[Data under study — start]

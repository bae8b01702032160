// Spots that are only looked at.
ghost use Rattle.std.specs.Prelude.{◌≡◌};
ghost use Rattle.zb_tokens.specs.declared.board.Spot.TheVariants as spots;
ghost use Rattle.zb_tokens.specs.Board.{is_spot, spot_of};
ghost use Rattle.zb_tokens.specs.MoveEnter.{stands_at};
ghost use Rattle.zb_tokens.specs.Places.{id_of, place_number};

use std::marker::Model;
use zb_base::Key;
use zb_table::Query;
use zb_tokens::{Spot, Token, place_number};

/// A spot whose id is lent. Contracts see the spot.
#[derive(Drop)]
pub struct SpotRef<'a> {
    at: Lent<'a>,
}

#[derive(Drop)]
enum Lent<'a> {
    OnFlow(&'a str),
    BeforeNode(&'a str),
}

impl<'a> Model for SpotRef<'a> {
    ghost use Rattle.zb_tokens.specs.declared.board.Spot.{Spot};

    ghost Value = { Spot };

    ghost use Rattle.zb_places.specs.Lent.{spot_lent};

    ghost view = { λ s. spot_lent s.at };
}

impl<'a> SpotRef<'a> {
    /// On the flow with an id.
    pub fn on(flow: &'a str) -> SpotRef<'a>
        ensures { result ≡ spots.OnFlow flow.now }
    {
        SpotRef {
            at: Lent::OnFlow(flow),
        }
    }

    /// Before the node with an id.
    pub fn before(node: &'a str) -> SpotRef<'a>
        ensures { result ≡ spots.BeforeNode node.now }
    {
        SpotRef {
            at: Lent::BeforeNode(node),
        }
    }

    /// Where a token is that comes to a node by a flow, or stands before it where there is none.
    pub fn coming(node: &'a str, via: &'a str) -> SpotRef<'a>
        ensures { result ≡ spot_of via.now node.now }
    {
        if via.is_empty() {
            SpotRef::before(node)
        } else {
            SpotRef::on(via)
        }
    }

    /// This spot.
    pub fn of(spot: &'a Spot) -> SpotRef<'a>
        ensures { result ≡ spot.now }
    {
        match spot {
            Spot::OnFlow(flow) => SpotRef::on(flow.as_str()),
            Spot::BeforeNode(node) => SpotRef::before(node.as_str()),
        }
    }

    // The id of the flow or of the node.
    fn id(&self) -> &str
        ensures { result.now ≡ id_of self.now }
    {
        match &self.at {
            Lent::OnFlow(flow) => *flow,
            Lent::BeforeNode(node) => *node,
        }
    }

    // Whether a spot is this one.
    fn is(&self, spot: &Spot) -> bool
        ensures { result ≡ is_spot spot.now self.now }
    {
        match (&self.at, spot) {
            (Lent::OnFlow(flow), Spot::OnFlow(id)) => id.as_str() == *flow,
            (Lent::BeforeNode(node), Spot::BeforeNode(id)) => id.as_str() == *node,
            _ => false,
        }
    }
}

/// A spot in a scope. As a question it is whether a token stands there.
#[derive(Drop)]
pub struct Place<'a> {
    pub scope: Key,
    pub spot: SpotRef<'a>,
}

impl<'a> Place<'a> {
    // The number under which what stands here is found.
    pub(crate) fn number(&self) -> Key
        ensures { result ≡ place_number self.now.scope (id_of self.now.spot) }
    {
        place_number(self.scope, self.spot.id())
    }
}

impl<'a> Query<Token> for Place<'a> {
    ghost passes = { λ place t. stands_at place.scope place.spot t };

    fn passes(&self, token: &Token) -> bool {
        token.scope == self.scope && self.spot.is(&token.spot)
    }
}
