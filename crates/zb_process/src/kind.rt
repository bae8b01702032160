ghost use Rattle.std.specs.Prelude.{◌≡◌};
ghost use Rattle.zb_format.specs.Reading.{one_of};
ghost use Rattle.zb_process.specs.Kind as kinds;
ghost use Rattle.zb_process.specs.Layouts as layouts;

// How the kind of a node stands in bytes.
use crate::NodeKind;
use std::alloc::{AllocError, Global};
use zb_format::{Cursor, Encoder, Format, ReadFault};

#[tactic(auto, unfolding(crate::specs::Layouts::kind))]
impl Format for NodeKind {
    ghost layout = { layouts.kind };

    fn write(&self, encoder: &mut Encoder) -> Result<(), AllocError> {
        encoder.add(&[byte_of(*self)])
    }

    fn read(_alloc: Global, cursor: &mut Cursor<'_>) -> Result<NodeKind, ReadFault> {
        kind_of(cursor.byte()?).ok_or(ReadFault::NotSpelled)
    }
}

// The byte of a node's kind.
fn byte_of(kind: NodeKind) -> u8
    ensures { result ≡ kinds.kind_byte kind }
{
    match kind {
        NodeKind::StartEvent => 2,
        NodeKind::MessageStartEvent => 3,
        NodeKind::EndEvent => 4,
        NodeKind::TerminateEndEvent => 5,
        NodeKind::CompensationEndEvent => 6,
        NodeKind::ServiceTask => 7,
        NodeKind::ReceiveTask => 8,
        NodeKind::SubProcess => 9,
        NodeKind::ExclusiveGateway => 10,
        NodeKind::ParallelGateway => 11,
        NodeKind::EventBasedGateway => 12,
        NodeKind::DateCatchEvent => 13,
        NodeKind::DurationCatchEvent => 14,
        NodeKind::MessageCatchEvent => 15,
        NodeKind::ThrowEvent => 16,
        NodeKind::CompensationThrowEvent => 17,
        NodeKind::DateBoundaryEvent => 18,
        NodeKind::DurationBoundaryEvent => 19,
        NodeKind::MessageBoundaryEvent => 20,
        NodeKind::ErrorBoundaryEvent => 21,
        NodeKind::CompensationBoundaryEvent => 22,
    }
}

// The kind of node that a byte stands for.
fn kind_of(byte: u8) -> Option<NodeKind>
    ensures { result ≡ one_of kinds.kind_byte kinds.each_kind byte }
{
    match byte {
        2 => Some(NodeKind::StartEvent),
        3 => Some(NodeKind::MessageStartEvent),
        4 => Some(NodeKind::EndEvent),
        5 => Some(NodeKind::TerminateEndEvent),
        6 => Some(NodeKind::CompensationEndEvent),
        7 => Some(NodeKind::ServiceTask),
        8 => Some(NodeKind::ReceiveTask),
        9 => Some(NodeKind::SubProcess),
        10 => Some(NodeKind::ExclusiveGateway),
        11 => Some(NodeKind::ParallelGateway),
        12 => Some(NodeKind::EventBasedGateway),
        13 => Some(NodeKind::DateCatchEvent),
        14 => Some(NodeKind::DurationCatchEvent),
        15 => Some(NodeKind::MessageCatchEvent),
        16 => Some(NodeKind::ThrowEvent),
        17 => Some(NodeKind::CompensationThrowEvent),
        18 => Some(NodeKind::DateBoundaryEvent),
        19 => Some(NodeKind::DurationBoundaryEvent),
        20 => Some(NodeKind::MessageBoundaryEvent),
        21 => Some(NodeKind::ErrorBoundaryEvent),
        22 => Some(NodeKind::CompensationBoundaryEvent),
        _ => None,
    }
}
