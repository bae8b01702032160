// Tokens that are taken away.
ghost use Rattle.std.specs.Prelude.{◌≡◌, ◌==◌, OnOk, filter, not};
ghost use Rattle.zb_places.specs.Places.{held_tokens, IsFewer, IsTokenTaken};

use crate::place::Place;
use crate::standing::first_at;
use std::alloc::{AllocError, Global};
use zb_base::Key;
use zb_groups::Groups;
use zb_tokens::Token;

/// Takes the first token at a place, if there is one, and tells its number. It costs what `first_at` does.
pub fn take_first(place: &Place, tokens: &mut Groups<Token>) -> Option<Key>
    ensures { IsTokenTaken place.now.scope place.now.spot tokens.old result tokens.new }
{
    match first_at(place, tokens) {
        Some(number) => {
            tokens.take(number);
            Some(number)
        }
        None => None,
    }
}

/// Takes the tokens in a scope. After a refusal nothing has changed. It costs what `Groups::take_group` does.
pub fn take_scope(alloc: Global, tokens: &mut Groups<Token>, scope: Key) -> Result<(), AllocError>
    ensures rows { OnOk result (tokens.new ≡ filter (λ h. not (h.row.scope == scope)) tokens.old) }
    ensures left { OnOk result (held_tokens tokens.new ≡ filter (λ t. not (t.scope == scope)) (held_tokens tokens.old)) }
    ensures fewer { OnOk result (IsFewer scope tokens.old tokens.new) }
{
    tokens.take_group(alloc, scope)
}
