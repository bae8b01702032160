// Copies of process models.
ghost use Rattle.std.specs.Prelude.{◌≡◌, OnOk};

use crate::{Flow, Mapping, Model, Multi, Node};
use std::alloc::{AllocError, Global};
use zb_base::{List, Text, TryCopy};

impl TryCopy for Model {
    fn copy(&self, alloc: Global) -> Result<Model, AllocError> {
        Ok(Model {
            process: self.process.copy(alloc)?,
            tag: self.tag.copy(alloc)?,
            nodes: self.nodes.copy(alloc)?,
            flows: self.flows.copy(alloc)?,
        })
    }
}

impl TryCopy for Node {
    fn copy(&self, alloc: Global) -> Result<Node, AllocError> {
        let mut node = bare_copy(alloc, self);
        match copy_parts(alloc, self, &mut node) {
            Ok(()) => Ok(node),
            Err(AllocError) => {
                drop(node);
                Err(AllocError)
            }
        }
    }
}

// What of a node wants no memory, and no text, expression or list.
fn bare_copy(alloc: Global, node: &Node) -> Node
    ensures kind { result.kind ≡ node.now.kind }
    ensures cancel { result.cancel ≡ node.now.cancel }
    ensures retries { result.retries ≡ node.now.retries }
    ensures handler { result.handler ≡ node.now.handler }
{
    Node {
        id: Text::empty(alloc),
        kind: node.kind,
        parent: Text::empty(alloc),
        attached: Text::empty(alloc),
        cancel: node.cancel,
        otherwise: Text::empty(alloc),
        name: Text::empty(alloc),
        expr: None,
        retries: node.retries,
        handler: node.handler,
        multi: None,
        inputs: List::empty(alloc),
        outputs: List::empty(alloc),
    }
}

// Copies a node's texts, its expression and its lists into another one. After a refusal that one is only dropped.
fn copy_parts(alloc: Global, node: &Node, into: &mut Node) -> Result<(), AllocError>
    ensures { OnOk result (into.new ≡ record node.now {
      kind = into.old.kind;
      cancel = into.old.cancel;
      retries = into.old.retries;
      handler = into.old.handler;
    }) }
{
    into.id = node.id.copy(alloc)?;
    into.parent = node.parent.copy(alloc)?;
    into.attached = node.attached.copy(alloc)?;
    into.otherwise = node.otherwise.copy(alloc)?;
    into.name = node.name.copy(alloc)?;
    into.expr = node.expr.copy(alloc)?;
    into.multi = node.multi.copy(alloc)?;
    into.inputs = node.inputs.copy(alloc)?;
    into.outputs = node.outputs.copy(alloc)?;
    Ok(())
}

impl TryCopy for Flow {
    fn copy(&self, alloc: Global) -> Result<Flow, AllocError> {
        Ok(Flow {
            id: self.id.copy(alloc)?,
            from: self.from.copy(alloc)?,
            to: self.to.copy(alloc)?,
            condition: self.condition.copy(alloc)?,
        })
    }
}

impl TryCopy for Multi {
    fn copy(&self, alloc: Global) -> Result<Multi, AllocError> {
        Ok(Multi {
            sequential: self.sequential,
            collection: self.collection.copy(alloc)?,
            element: self.element.copy(alloc)?,
        })
    }
}

impl TryCopy for Mapping {
    fn copy(&self, alloc: Global) -> Result<Mapping, AllocError> {
        Ok(Mapping {
            source: self.source.copy(alloc)?,
            target: self.target.copy(alloc)?,
        })
    }
}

[Data under study — finish]

* _What the exercise asks_: Reproduce, character for character, only the lines of the preceding data that start at the line with "result.handler ≡ node.now.handler" and end at the line with "into.multi = node.multi.copy(alloc)?;", both included.

* _Output_:
    ensures handler { result.handler ≡ node.now.handler }
{
    Node {
        id: Text::empty(alloc),
        kind: node.kind,
        parent: Text::empty(alloc),
        attached: Text::empty(alloc),
        cancel: node.cancel,
        otherwise: Text::empty(alloc),
        name: Text::empty(alloc),
        expr: None,
        retries: node.retries,
        handler: node.handler,
        multi: None,
        inputs: List::empty(alloc),
        outputs: List::empty(alloc),
    }
}

// Copies a node's texts, its expression and its lists into another one. After a refusal that one is only dropped.
fn copy_parts(alloc: Global, node: &Node, into: &mut Node) -> Result<(), AllocError>
    ensures { OnOk result (into.new ≡ record node.now {
      kind = into.old.kind;
      cancel = into.old.cancel;
      retries = into.old.retries;
      handler = into.old.handler;
    }) }
{
    into.id = node.id.copy(alloc)?;
    into.parent = node.parent.copy(alloc)?;
    into.attached = node.attached.copy(alloc)?;
    into.otherwise = node.otherwise.copy(alloc)?;
    into.name = node.name.copy(alloc)?;
    into.expr = node.expr.copy(alloc)?;
    into.multi = node.multi.copy(alloc)?;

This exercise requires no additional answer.